It is hard to keep up with the fast-paced work of Congress. Tens of thousands of bills are introduced each year and each new bill may be a clone of–or contain similar text to–other bills this year or from previous years. It is often useful to find those similar bills, in order to keep track of (and predict the fate of) any newly introduced bill.
I’ve previously described the technical challenge of finding similar bills, and the beginnings of our efforts, working with Daniel Schuman at Demand Progress, to translate that work into an API–a web service that answers the question: which bills are similar to this one.

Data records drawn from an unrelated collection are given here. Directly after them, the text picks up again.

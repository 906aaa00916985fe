//! The lines of the trace, each on a row.
//!
//! Where no lifeline is shown, as of rests alone, a row has no room for the word `rest` at its right end: there it is in the
//! line only.

use crate::svg::{HOST_LINE, LINE, Pen, RECT, put_text};
use crate::words::Cut;
use bz_chart_layout::{Event, Layout, Line};

const REST: &str = "<text x=\"%\" y=\"%\" text-anchor=\"end\" fill=\"#666666\">rest</text>\n";

const NUMBER: &str = "<text x=\"%\" y=\"%\" text-anchor=\"end\" fill=\"#666666\">%</text>\n";

/// How many letters of a line are shown.
const MOST_LETTERS: usize = 60;

pub(crate) const RESTING: &str = "#e8e8e8";

const ODD: &str = "#f2f2f2";

/// The part of a line that is shown.
pub(crate) fn shown<'a>(line: &Line<'a>) -> Cut<'a> {
    Cut::new(line.text, MOST_LETTERS)
}

pub(crate) fn put_row(pen: &mut Pen, layout: Layout, place: u32, line: &Line<'_>) {
    let (right, y) = (layout.right(), layout.row(place));
    if matches!(line.event, Event::Rested) {
        pen.put(RECT, &[4, y - 8, right, 16], RESTING);
        if layout.columns > 0 {
            pen.put(REST, &[right, y + 4], "");
        }
    } else if place % 2 == 1 {
        pen.put(RECT, &[4, y - 8, right, 16], ODD);
    }
    pen.put(NUMBER, &[layout.numbers(), y + 4, line.number as u64], "");
    let set = if line.by_host { HOST_LINE } else { LINE };
    put_text(pen, layout.numbers() + 8, y + 4, set, shown(line));
}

Our team in Ukraine has taken this work to another level:
-
API of bills and titles
With Oleksandr and his team, we’ve built on the earlier API to match bills by their titles and text. A bill may have the same title as a previous bill– meaning that it intends to accomplish the same purpose– but much of the text may have been changed. It is valuable to find those matches and see why legislators chose a different approach. Bills may also have different titles, but contain the text of a previous bill, either whole or in parts. It can be important to find the previous bill to learn who sponsored it, and what budget assessments or Congressional reports may have been written about it earlier.
-
Finding matches faster
Dmytro, working with Oleksandr, developed two new approaches to quickly find similar text among billions of combined matches (50,000 bills compared to 50,000 other bills; and 300,000 bill sections compared to 300,000 sections). The solution, which we describe in a separate blog post, involves converting the text into a series of zeroes and ones, storing these in a database, and performing clever searches to find patterns that ‘match’ the zeros and ones corresponding to any new bill.
We’re excited to provide the API for public use, and to test this approach on bills in Ukraine and other countries.